2026-03-15's Agent Roster
The agents from the org-chart post were made off-the-cuff. 16 agents, too ambitious, didn't have the infrastructure to support them. I deleted most and got down to 7. This time: I had Claude load the deep research synthesis, I extracted the best practices that applied, and I updated the agent definitions with specific, traceable changes.

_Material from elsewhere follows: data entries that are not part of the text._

//! The join of a block: its children leave what they have, and go to their parent.

ghost use Rattle.std.specs.Prelude.{◌≡◌, true, is_some, List, [], map, Some, IfOk, OnOk};
ghost use Rattle.std.specs.FinMap.{get};
ghost use Rattle.fm_chan.specs.Bodies.{chans_of};
ghost use Rattle.fm_chan.specs.Woken.{WakesAll};
ghost use Rattle.fm_net.specs.Starts.{starts_at};
ghost use Rattle.fm_mean.specs.Actions as action;
ghost use Rattle.fm_mean.specs.Actions.{action_of};
ghost use Rattle.fm_mean.specs.Process.{Proc};
ghost use Rattle.fm_mean.specs.Steps.{step, language};
ghost use Rattle.fm_plain_replies.specs.Joins.{frames_in, kids_in, left_frames};
ghost use Rattle.fm_plain_net.specs.Goes.{CanJoin, JoinsAt, joined_by};
ghost use Rattle.fm_plain_net.specs.Held.{AreFamilies, AreFamiliesBut, AreLookedAtBut, Fits};
ghost use Rattle.fm_plain_net.specs.Readings.{IsActor, actor_place, order_of, procs_of};

use crate::perform::join_all;
use crate::ports::Ports;
use crate::processes::Processes;
use fm_base::NoMemory;
use fm_chan::Channels;
use fm_net_procs::Actor;
use fm_plain::Event;
use fm_plain_replies::Ended;
use fm_rules::Program;
use std::alloc::Global;

/// The block that is joined by an event, the number of its children, and the entry behind.
pub(crate) fn joined_block(event: &Event) -> Option<(u32, usize, u32)>
    ensures { result ≡ joined_by event.now }
{
    match event {
        Event::Fail(_, _) => None,
        Event::Make { .. } => None,
        Event::Send { .. } => None,
        Event::Receive { .. } => None,
        Event::Probe { .. } => None,
        Event::Begin => None,
        Event::Join { block, count, next } => Some((*block, *count, *next)),
        Event::End => None,
    }
}

// Joins a process with children that left these frames.
fn join_one(
    alloc: Global,
    program: &Program,
    entries: &mut Processes,
    channels: &mut Channels,
    ports: &mut Ports,
    actor: &Actor,
    left: Vec<Ended>,
    next: u32,
) -> Result<u64, NoMemory>
    requires actor { IsActor entries.old actor.now }
    requires can { (x : Proc) → get (procs_of program.now entries.old) (actor_place actor.now) ≡ Some x
        → CanJoin program.now x next left.items ports.old }
    ensures next { OnOk result (AreLookedAtBut program.now (actor_place actor.now) entries.old
        → AreLookedAtBut program.now (actor_place actor.now) entries.new) }
    ensures families { OnOk result (AreFamiliesBut program.now (actor_place actor.now) entries.old
        → AreFamiliesBut program.now (actor_place actor.now) entries.new) }
    ensures order { OnOk result (order_of entries.new ≡ order_of entries.old) }
    ensures joins { IfOk result (λ cost. (x : Proc) (kids : List Proc)
        → get (procs_of program.now entries.old) (actor_place actor.now) ≡ Some x
        → map frames_in kids ≡ map (left_frames program.now) left.items
        → JoinsAt (actor_place actor.now) x next kids ports.old (chans_of channels.old)
        (procs_of program.now entries.old) (procs_of program.now entries.new) (chans_of channels.new) ports.new cost) }
    ensures waking { OnOk result (WakesAll channels.old channels.new) }
{
    match entries.rows.get_mut(actor.number) {
        Some(slot) => join_all(
            alloc,
            program,
            &mut slot.process.plain,
            channels,
            ports,
            left,
            next,
        ),
        None => unreachable!(),
    }
}

/// Joins a process with the children of its block, which have ended: the cost.
pub(crate) fn join_block(
    alloc: Global,
    program: &Program,
    entries: &mut Processes,
    channels: &mut Channels,
    ports: &mut Ports,
    actor: &Actor,
    block: u32,
    next: u32,
) -> Result<u64, NoMemory>
    requires fits { Fits program.now ports.old
        (record { procs = procs_of program.now entries.old; chans = chans_of channels.old }) }
    requires families { AreFamilies program.now entries.old }
    requires actor { IsActor entries.old actor.now }
    requires can { is_some (step program.now
        (record { procs = procs_of program.now entries.old; chans = chans_of channels.old }) (actor_place actor.now))
        ≡ true }
    requires event { (x : Proc) → get (procs_of program.now entries.old) (actor_place actor.now) ≡ Some x
        → action_of program.now x ≡ action.Meets (action.Join block (kids_in x.phase) next) }
    ensures step { IfOk result (λ cost. step program.now
        (record { procs = procs_of program.now entries.old; chans = chans_of channels.old }) (actor_place actor.now)
        ≡ Some (record { procs = procs_of program.now entries.new; chans = chans_of channels.new }, cost)) }
    ensures starts { OnOk result (starts_at (language program.now)
        (record { procs = procs_of program.now entries.old; chans = chans_of channels.old }) (actor_place actor.now)
        ≡ []) }
    ensures order { OnOk result (order_of entries.new ≡ order_of entries.old) }
    ensures next { OnOk result (AreLookedAtBut program.now (actor_place actor.now) entries.old
        → AreLookedAtBut program.now (actor_place actor.now) entries.new) }
    ensures families { OnOk result (AreFamilies program.now entries.new) }
    ensures fits { OnOk result (Fits program.now ports.new
        (record { procs = procs_of program.now entries.new; chans = chans_of channels.new })) }
    ensures waking { OnOk result (WakesAll channels.old channels.new) }
{
    let _block = block;
    let family = entries.family(actor.number);
    let left = entries.release_all(alloc, family)?;
    let cost = join_one(alloc, program, entries, channels, ports, actor, left, next)?;
    Ok(cost)
}
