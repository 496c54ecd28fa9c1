//! What a run shows when it has ended.

ghost use Rattle.std.specs.Prelude.{◌≡◌, ◌++◌, ℕ, Some, [], option_map, IfOk, OnOk};
ghost use Rattle.std.specs.List.{flat_map};
ghost use Rattle.std.specs.FinMap.{entries, get};
ghost use Rattle.std.specs.Option.{option_copied};
ghost use Rattle.fm_rules.specs.declared.program.Program as declared;
ghost use Rattle.fm_mean.specs.Actions as action;
ghost use Rattle.fm_mean.specs.Actions.{action_of};
ghost use Rattle.fm_mean.specs.Names.{unit_at};
ghost use Rattle.fm_mean.specs.Outcome.{lines_at, fault_at, awaited, line_at, line_within, need_of, waits_by, wait_at, outcome_of};
ghost use Rattle.fm_plain_frame.specs.Frames.{proc_of};
ghost use Rattle.fm_plain.specs.Events.{event_by};
ghost use Rattle.fm_plain.specs.Looking.{IsNext};
ghost use Rattle.fm_net.specs.Machine.{Place};
ghost use Rattle.fm_finmap.specs.Rows.{place_at};
ghost use Rattle.fm_net_procs.specs.Kept.{AreChildren};
ghost use Rattle.fm_plain_net.specs.Held.{AreFamilies, AreLookedAt, HasFamily};
ghost use Rattle.fm_plain_net.specs.Readings.{order_of, proc_in, procs_of, state_of};
ghost use Rattle.fm_plain_net.specs.Shown.{line_of_frame};

use crate::holders::holders;
use crate::processes::{Processes, Slot, Trees};
use crate::shown::shown_all;
use fm_base::{Line, NoMemory, Path, Seq};
use fm_mean::{At, FaultAt, Outcome, Wait};
use fm_net::{Family, number_behind};
use fm_plain::{Event, Next};
use fm_plain_frame::{Frame, Phase, PlainProc, UnitView};
use fm_rules::Program;
use fm_run::{Gathered, join_of, push_lines};
use std::alloc::Global;

/// Adds the fault of the process at this path, if it has one.
pub fn push_fault(
    alloc: Global,
    all: &mut Vec<FaultAt>,
    path: &Path,
    process: &PlainProc,
) -> Result<(), NoMemory>
    ensures { OnOk result
        ((p : declared.Program) → all.new.items ≡ all.old.items ++ fault_at (path.now, proc_of p process.now)) }
{
    match process.phase {
        Phase::Faulted(line, fault) => {
            let path = path.copy(alloc)?;
            all.push(FaultAt { path, line, fault })?;
            Ok(())
        }
        Phase::Running => Ok(()),
        Phase::Joining(_, _) => Ok(()),
        Phase::Ended => Ok(()),
    }
}

// The first of children that hasn't ended.
fn awaited(alloc: Global, processes: &Processes, family: Family) -> Result<Option<Path>, NoMemory>
    ensures { IfOk result (λ o. (p : declared.Program) (q : Place) (b : ℕ)
        → AreChildren (order_of processes.now) family.first q b family.count
        → o ≡ awaited (procs_of p processes.now) q b 1 family.count) }
{
    'children: for place in 0..family.count {
        let number = number_behind(family.first, place)?;
        if !processes.has_ended(number) {
            return processes.path_of(alloc, number);
        }
    }
    Ok(None)
}

// What a process waits for that stands at this event, where it waits.
fn waits_at(
    alloc: Global,
    processes: &Processes,
    slot: &Slot,
    event: &Event,
) -> Result<Option<At>, NoMemory>
    ensures { IfOk result (λ o. (p : declared.Program) (q : Place)
        → HasFamily (order_of processes.now) q (proc_in p slot.now).phase slot.now.first_child
        → action_of p (proc_in p slot.now) ≡ action.Meets (event_by (proc_in p slot.now).phase event.now)
        → o ≡ waits_by (procs_of p processes.now) q (need_of p (proc_in p slot.now))) }
{
    match event {
        Event::Receive { channel, .. } => {
            let name = channel.copy(alloc)?;
            Ok(Some(At::Receive(name)))
        }
        Event::Join { .. } => {
            let child = awaited(alloc, processes, slot.family())?;
            Ok(join_of(child))
        }
        Event::Fail(_, _) => Ok(None),
        Event::Make { .. } => Ok(None),
        Event::Send { .. } => Ok(None),
        Event::Probe { .. } => Ok(None),
        Event::Begin => Ok(None),
        Event::End => Ok(None),
    }
}

// What a process waits for, where it waits.
fn waits(alloc: Global, processes: &Processes, slot: &Slot) -> Result<Option<At>, NoMemory>
    ensures { IfOk result (λ o. (p : declared.Program) (q : Place)
        → HasFamily (order_of processes.now) q (proc_in p slot.now).phase slot.now.first_child
        → IsNext p (proc_in p slot.now) slot.now.next
        → o ≡ waits_by (procs_of p processes.now) q (need_of p (proc_in p slot.now))) }
{
    match &slot.next {
        Next::Meets(event) => waits_at(alloc, processes, slot, event),
        Next::Steps => Ok(None),
        Next::Rests => Ok(None),
    }
}

fn push_wait(
    alloc: Global,
    program: &Program,
    processes: &Processes,
    all: &mut Vec<Wait>,
    path: &Path,
    slot: &Slot,
) -> Result<(), NoMemory>
    requires next { IsNext program.now (proc_in program.now slot.now) slot.now.next }
    requires family { HasFamily (order_of processes.now) path.now (proc_in program.now slot.now).phase
        slot.now.first_child }
    ensures { OnOk result (all.new.items
        ≡ all.old.items
        ++ wait_at program.now (procs_of program.now processes.now) (path.now, proc_in program.now slot.now)) }
{
    match waits(alloc, processes, slot)? {
        Some(at) => {
            let path = path.copy(alloc)?;
            let line = line_at(program, &slot.process.plain);
            all.push(Wait { path, line, at })?;
            Ok(())
        }
        None => Ok(()),
    }
}

/// The line at which a process stands.
pub fn line_at(program: &Program, process: &PlainProc) -> Line
    ensures { result.0 ≡ line_at program.now (proc_of program.now process.now) }
{
    match top_frame(process) {
        Some(frame) => line_of(program, frame),
        None => Line(0),
    }
}

fn top_frame(process: &PlainProc) -> Option<&Frame>
    ensures { (p : declared.Program) → line_at p (proc_of p process.now) ≡ line_of_frame p (option_copied result) }
{
    match &process.top {
        Some(frame) => Some(frame),
        None => process.below.last(),
    }
}

fn line_of(program: &Program, frame: &Frame) -> Line
    ensures { result.0 ≡ line_within (unit_at program.now frame.now.unit) frame.now.entry }
{
    match UnitView::new(program, frame.unit) {
        Some(unit) => match unit.entry(frame.entry) {
            Some((entry, _)) => entry.line,
            None => Line(0),
        },
        None => Line(0),
    }
}

// Adds what the process at this path shows.
fn add_process(
    alloc: Global,
    program: &Program,
    all: &mut Gathered,
    processes: &Processes,
    path: &Path,
    slot: &Slot,
) -> Result<(), NoMemory>
    requires next { IsNext program.now (proc_in program.now slot.now) slot.now.next }
    requires family { HasFamily (order_of processes.now) path.now (proc_in program.now slot.now).phase
        slot.now.first_child }
    ensures lines { OnOk result
        (all.new.lines.items ≡ all.old.lines.items ++ lines_at (path.now, proc_in program.now slot.now)) }
    ensures faults { OnOk result
        (all.new.faults.items ≡ all.old.faults.items ++ fault_at (path.now, proc_in program.now slot.now)) }
    ensures waits { OnOk result (all.new.waits.items
        ≡ all.old.waits.items
        ++ wait_at program.now (procs_of program.now processes.now) (path.now, proc_in program.now slot.now)) }
{
    push_lines(alloc, &mut all.lines, path, slot.process.plain.lines())?;
    push_fault(alloc, &mut all.faults, path, &slot.process.plain)?;
    push_wait(alloc, program, processes, &mut all.waits, path, slot)
}

fn gathered(alloc: Global, program: &Program, processes: &Processes) -> Result<Gathered, NoMemory>
    requires next { AreLookedAt program.now processes.now }
    requires families { AreFamilies program.now processes.now }
    ensures lines { IfOk result
        (λ all. all.lines.items ≡ flat_map lines_at (entries (procs_of program.now processes.now))) }
    ensures faults { IfOk result
        (λ all. all.faults.items ≡ flat_map fault_at (entries (procs_of program.now processes.now))) }
    ensures waits { IfOk result (λ all. all.waits.items
        ≡ flat_map (wait_at program.now (procs_of program.now processes.now))
        (entries (procs_of program.now processes.now))) }
{
    let mut all = Gathered::new(alloc);
    let rows = processes.rows.in_path_order(alloc)?;
    'processes: for row in &rows {
        add_process(alloc, program, &mut all, processes, row.0, row.1)?;
    }
    Ok(all)
}

// The process of a number, as it goes along its statements.
fn plain_of(processes: &Processes, number: u32) -> Option<&PlainProc>
    ensures { (p : declared.Program) (q : Place) → place_at processes.now.rows number ≡ Some q
        → option_map (proc_of p) (option_copied result) ≡ get (procs_of p processes.now) q }
{
    match processes.process(number) {
        Some(process) => Some(&process.plain),
        None => None,
    }
}

/// What a run shows when it has ended at this cost in turns: output, faults and waits in path order, the
/// variables of main, and who holds the open writers.
pub(crate) fn outcome(
    alloc: Global,
    net: &Trees,
    program: &Program,
    used: u64,
) -> Result<Outcome, NoMemory>
    requires next { AreLookedAt program.now net.now.entries }
    requires families { AreFamilies program.now net.now.entries }
    requires main { place_at net.now.entries.rows 0 ≡ Some [] }
    ensures { IfOk result (λ o. o ≡ outcome_of program.now used (state_of program.now net.now)) }
{
    let Gathered {
        lines,
        faults,
        waits,
    } = gathered(alloc, program, &net.entries)?;
    let variables = shown_all(alloc, program, plain_of(&net.entries, 0))?;
    let holders = holders(alloc, net, program)?;
    Ok(Outcome {
        lines: Seq::from_vec(lines),
        variables: Seq::from_vec(variables),
        faults: Seq::from_vec(faults),
        waits: Seq::from_vec(waits),
        holders: Seq::from_vec(holders),
        main_ended: net.entries.has_ended(0),
        used,
    })
}
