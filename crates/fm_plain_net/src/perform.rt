//! What a process does with its event: to itself, to the channels, and to the kept ports.

ghost use Rattle.std.specs.Prelude.{◌≡◌, ◌+◌, ◌∷◌, ◌++◌, List, None, [], map, length, IfOk, OnOk};
ghost use Rattle.std.specs.List.{flat_map};
ghost use Rattle.std.specs.FinMap.{get, insert};
ghost use Rattle.fm_base.specs.Channels.{Pop, all_shed, fresh, message_ports};
ghost use Rattle.fm_base.specs.declared.port.PortValue.TheVariants.{Reader};
ghost use Rattle.fm_chan.specs.Bodies.{chans_of};
ghost use Rattle.fm_chan.specs.Events.{after_op};
ghost use Rattle.fm_chan.specs.Received.{got_at, waits_at};
ghost use Rattle.fm_chan.specs.Woken.{Wakes, WakesAll};
ghost use Rattle.fm_net.specs.Lawful.{ports_from};
ghost use Rattle.fm_rules.specs.declared.program.Program as declared;
ghost use Rattle.fm_mean.specs.Actions as action;
ghost use Rattle.fm_mean.specs.Actions.{action_of, message_words as words_of};
ghost use Rattle.fm_mean.specs.Process.{Proc};
ghost use Rattle.fm_mean.specs.Steps.{ended};
ghost use Rattle.fm_plain_frame.specs.Frames.{proc_of};
ghost use Rattle.fm_plain_frame.specs.LetGo.{let_go_ports};
ghost use Rattle.fm_plain_replies.specs.Goes.{after_begin, after_message};
ghost use Rattle.fm_plain_replies.specs.Joins.{frames_in, left_frames};
ghost use Rattle.fm_plain_passing.specs.Items.{message_of};
ghost use Rattle.fm_plain.specs.Events.{event_by};
ghost use Rattle.fm_plain_net.specs.Goes.{CanJoin, CanPerform, Joins, Performs, joined_by};
ghost use Rattle.fm_plain_net.specs.Held.{AreKept, AreOnce, Carries, IsKept, MayDrop, Stay, StayBut};

use crate::messages::{message_from, unpacked};
use crate::ports::Ports;
use fm_base::{ChanName, Fault, Line, NoMemory, Path, PortValue, Seq};
use fm_chan::{Channels, Got, Message, Port};
use fm_mean::{Actual, Span};
use fm_net_procs::Done;
use fm_plain::Event;
use fm_plain_frame::{Leaving, LetGo, PlainProc};
use fm_plain_passing::{Item, message_words};
use fm_plain_replies::{
    Ended, begin, end, fail, join, limits_of, meet_end, next_name, put_ports, put_probe,
    store_message, take_message,
};
use fm_rules::Program;
use std::alloc::Global;
use std::collections::VecDeque;

fn alone(alloc: Global, cost: u64) -> Done<PlainProc>
    ensures children { result.children.items ≡ [] }
    ensures cost { result.cost ≡ cost }
{
    Done {
        children: Vec::new(alloc),
        cost,
    }
}

fn discard_one(channels: &mut Channels, ports: &mut Ports, value: PortValue)
    requires { IsKept ports.old value }
    ensures channels { chans_of channels.new ≡ all_shed (value ∷ []) (chans_of channels.old) }
    ensures others { StayBut (value ∷ []) ports.old ports.new }
    ensures waking { WakesAll channels.old channels.new }
{
    match ports.take(value) {
        Some(port) => channels.discard(port),
        None => unreachable!(),
    }
}

/// Discards the ports that a process lets go.
pub(crate) fn discard_all(
    alloc: Global,
    program: &Program,
    channels: &mut Channels,
    ports: &mut Ports,
    let_go: LetGo,
)
    requires kept { AreKept ports.old (let_go_ports program.now let_go) }
    requires once { AreOnce (let_go_ports program.now let_go) }
    ensures channels { chans_of channels.new ≡ all_shed (let_go_ports program.now let_go) (chans_of channels.old) }
    ensures others { StayBut (let_go_ports program.now let_go) ports.old ports.new }
    ensures waking { WakesAll channels.old channels.new }
{
    let mut leaving = Leaving::new(alloc, let_go);
    'ports: while let Some(value) = leaving.next(program) {
        discard_one(channels, ports, value);
    }
}

fn discard_both(
    alloc: Global,
    program: &Program,
    channels: &mut Channels,
    ports: &mut Ports,
    first: LetGo,
    second: LetGo,
)
    requires kept { AreKept ports.old (let_go_ports program.now first ++ let_go_ports program.now second) }
    requires once { AreOnce (let_go_ports program.now first ++ let_go_ports program.now second) }
    ensures channels { chans_of channels.new
        ≡ all_shed (let_go_ports program.now first ++ let_go_ports program.now second) (chans_of channels.old) }
    ensures others { StayBut (let_go_ports program.now first ++ let_go_ports program.now second) ports.old ports.new }
    ensures waking { WakesAll channels.old channels.new }
{
    discard_all(alloc, program, channels, ports, first);
    discard_all(alloc, program, channels, ports, second);
}
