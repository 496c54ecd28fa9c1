//! Messages: ports leave the kept ones with a message, and enter them with one.

ghost use Rattle.std.specs.Prelude.{◌≡◌, ◌∷◌, [], map, IfOk, OnOk};
ghost use Rattle.fm_base.specs.Channels.{message_ports};
ghost use Rattle.fm_chan.specs.Items.{plain_item};
ghost use Rattle.fm_mean.specs.Places.{live};
ghost use Rattle.fm_plain_passing.specs.Items.{item_of, message_of};
ghost use Rattle.fm_plain_net.specs.Held.{AreKept, AreOnce, Stay, StayBut};

use crate::ports::Ports;
use fm_base::{NoMemory, PortValue, Seq};
use fm_chan::{Content, Item as ChannelItem, Message, Port};
use fm_plain_passing::Item;
use std::alloc::Global;
use std::collections::VecDeque;

// The port of this value, or NULL.
fn taken(ports: &mut Ports, value: Option<PortValue>) -> Option<Port>
    requires { AreKept ports.old (live (value ∷ [])) }
    ensures port { result ≡ value }
    ensures others { StayBut (live (value ∷ [])) ports.old ports.new }
{
    match value {
        Some(value) => ports.take(value),
        None => None,
    }
}

fn take_ports(
    alloc: Global,
    ports: &mut Ports,
    values: Seq<Option<PortValue>>,
) -> Result<Vec<Option<Port>>, NoMemory>
    requires kept { AreKept ports.old (live values) }
    requires once { AreOnce (live values) }
    ensures ports { IfOk result (λ v. v.items ≡ values) }
    ensures others { OnOk result (StayBut (live values) ports.old ports.new) }
{
    let mut all = Vec::new(alloc);
    let mut rest = VecDeque::from_vec(values.into_vec());
    'values: while let Some(value) = rest.pop_front() {
        all.push(taken(ports, value))?;
    }
    Ok(all)
}

fn take_item(alloc: Global, ports: &mut Ports, item: Item) -> Result<ChannelItem, NoMemory>
    requires kept { AreKept ports.old (message_ports (item_of item ∷ [])) }
    requires once { AreOnce (message_ports (item_of item ∷ [])) }
    ensures item { IfOk result (λ i. plain_item i ≡ item_of item) }
    ensures others { OnOk result (StayBut (message_ports (item_of item ∷ [])) ports.old ports.new) }
{
    match item {
        Item::Words(words) => Ok(ChannelItem::Words(words)),
        Item::Ports(values) => {
            let all = take_ports(alloc, ports, values)?;
            Ok(ChannelItem::Ports(Seq::from_vec(all)))
        }
    }
}

/// A message with the ports of these values, which aren't kept any more.
pub(crate) fn message_from(
    alloc: Global,
    ports: &mut Ports,
    items: Seq<Item>,
) -> Result<Message, NoMemory>
    requires kept { AreKept ports.old (message_ports (message_of items)) }
    requires once { AreOnce (message_ports (message_of items)) }
    ensures message { IfOk result (λ m. m ≡ message_of items) }
    ensures others { OnOk result (StayBut (message_ports (message_of items)) ports.old ports.new) }
{
    let mut all = Vec::new(alloc);
    let mut rest = VecDeque::from_vec(items.into_vec());
    'items: while let Some(item) = rest.pop_front() {
        all.push(take_item(alloc, ports, item)?)?;
    }
    Ok(Message {
        content: Content::Items(Seq::from_vec(all)),
    })
}

// The value of a port, which is kept then, or NULL.
fn put_port(
    alloc: Global,
    ports: &mut Ports,
    port: Option<Port>,
) -> Result<Option<PortValue>, NoMemory>
    ensures value { IfOk result (λ v. v ≡ port) }
    ensures came { OnOk result (AreKept ports.new (live (port ∷ []))) }
    ensures others { OnOk result (Stay ports.old ports.new) }
{
    match port {
        Some(port) => {
            let value = port.value(alloc)?;
            ports.put(alloc, port)?;
            Ok(Some(value))
        }
        None => Ok(None),
    }
}

fn put_all(
    alloc: Global,
    ports: &mut Ports,
    all: Seq<Option<Port>>,
) -> Result<Vec<Option<PortValue>>, NoMemory>
    ensures values { IfOk result (λ v. v.items ≡ all) }
    ensures came { OnOk result (AreKept ports.new (live all)) }
    ensures others { OnOk result (Stay ports.old ports.new) }
{
    let mut values = Vec::new(alloc);
    'ports: for port in all.into_vec() {
        values.push(put_port(alloc, ports, port)?)?;
    }
    Ok(values)
}

fn put_item(alloc: Global, ports: &mut Ports, item: ChannelItem) -> Result<Item, NoMemory>
    ensures item { IfOk result (λ i. item_of i ≡ plain_item item) }
    ensures came { OnOk result (AreKept ports.new (message_ports (plain_item item ∷ []))) }
    ensures others { OnOk result (Stay ports.old ports.new) }
{
    match item {
        ChannelItem::Words(words) => Ok(Item::Words(words)),
        ChannelItem::Ports(all) => {
            let values = put_all(alloc, ports, all)?;
            Ok(Item::Ports(Seq::from_vec(values)))
        }
    }
}

fn unpacked_items(
    alloc: Global,
    ports: &mut Ports,
    items: Seq<ChannelItem>,
) -> Result<Seq<Item>, NoMemory>
    ensures items { IfOk result (λ v. message_of v ≡ map plain_item items) }
    ensures came { OnOk result (AreKept ports.new (message_ports (map plain_item items))) }
    ensures others { OnOk result (Stay ports.old ports.new) }
{
    let mut all = Vec::new(alloc);
    'items: for item in items.into_vec() {
        all.push(put_item(alloc, ports, item)?)?;
    }
    Ok(Seq::from_vec(all))
}

/// What a message brings. Its ports are kept then.
pub(crate) fn unpacked(
    alloc: Global,
    ports: &mut Ports,
    message: Message,
) -> Result<Seq<Item>, NoMemory>
    ensures items { IfOk result (λ items. message_of items ≡ message) }
    ensures came { OnOk result (AreKept ports.new (message_ports message)) }
    ensures others { OnOk result (Stay ports.old ports.new) }
{
    match message.content {
        Content::Word(word) => {
            let items = vec![in alloc; ChannelItem::Words(Seq::from_slice(alloc, &[word])?)]?;
            unpacked_items(alloc, ports, Seq::from_vec(items))
        }
        Content::Items(items) => unpacked_items(alloc, ports, items),
    }
}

| Agent | Model | Role & Applied Research |
|---|---|---|
| Publisher | Opus | Content pipeline orchestration, writing. Delegation specs, trigger phrase. |
| Analyst | Opus | Research ingestion, system improvements. Trigger phrase. |
| Synthesizer | Opus | Compare/contrast Deep Research reports. No changes needed. |
| Researcher | Sonnet | Sourced facts, research briefs. Start wide, then narrow search strategy, trigger phrase. |
| Reviewer | Opus | Style, substance, sourcing. Context isolation from producer. |
| QA | Sonnet | Build, render, links via Playwright. Trigger phrase. |
| Security Auditor | Opus | OWASP LLM Top 10, confidential data. Added LLM05 check. |
Delegation hierarchy (Mermaid flowchart):
graph TD
Claude["Vanilla Claude"]
Publisher["Publisher (Opus)"]
Analyst["Analyst (Opus)"]
Synthesizer["Synthesizer (Opus)"]
Researcher["Researcher (Sonnet)"]
Reviewer["Reviewer (Opus)"]
QA["QA (Sonnet)"]
Security["Security Auditor (Opus)"]
Claude --> Publisher
Claude --> Analyst
Claude --> Synthesizer
Claude --> Researcher
Claude --> Reviewer
Claude --> QA
Claude --> Security
Publisher --> Researcher
Publisher --> Reviewer
Publisher --> QA
Publisher --> Security
Three report directly to me (Publisher, Analyst, Synthesizer). Four are subagents under Publisher. Model routing follows the research: Opus for judgment calls (review, security, editorial, synthesis), Sonnet for mechanical work (research, QA).
Calling the agents
Three ways to use them:
Vanilla Claude auto-delegates. Each agent definition has a
description field that Claude reads when deciding whether to
spawn a subagent. The trigger phrases ("MUST BE USED when
writing blog posts", "MUST BE USED when gathering facts") tell
Claude when to invoke each one. If I ask vanilla Claude to
write a blog post, it sees the Publisher's description and
delegates. It can also run multiple subagents in parallel
when the tasks are independent.
CLAUDE.md tells Claude what's available. The project's
CLAUDE.md includes a section listing all 7 agents with their
roles and invocation commands. This gives vanilla Claude the
full picture of what agents exist without having to discover
them from the file system.
claude --agent publisher for the full pipeline. This
starts Claude with the Publisher's system prompt as the main
thread. Publisher then orchestrates the entire content
pipeline: research, substance gate, write, review, QA,
security audit. It spawns each subagent natively using Claude
Code's Agent tool, not CLI calls. Independent stages (QA and
security audit) run in parallel. This is the heavy path for
writing a full post from scratch.
Claude Code enforces a single-level subagent hierarchy. Publisher can spawn subagents, but those subagents can't spawn their own. If Reviewer needs research, it doesn't call Researcher. It reports back to Publisher, which decides what to do next.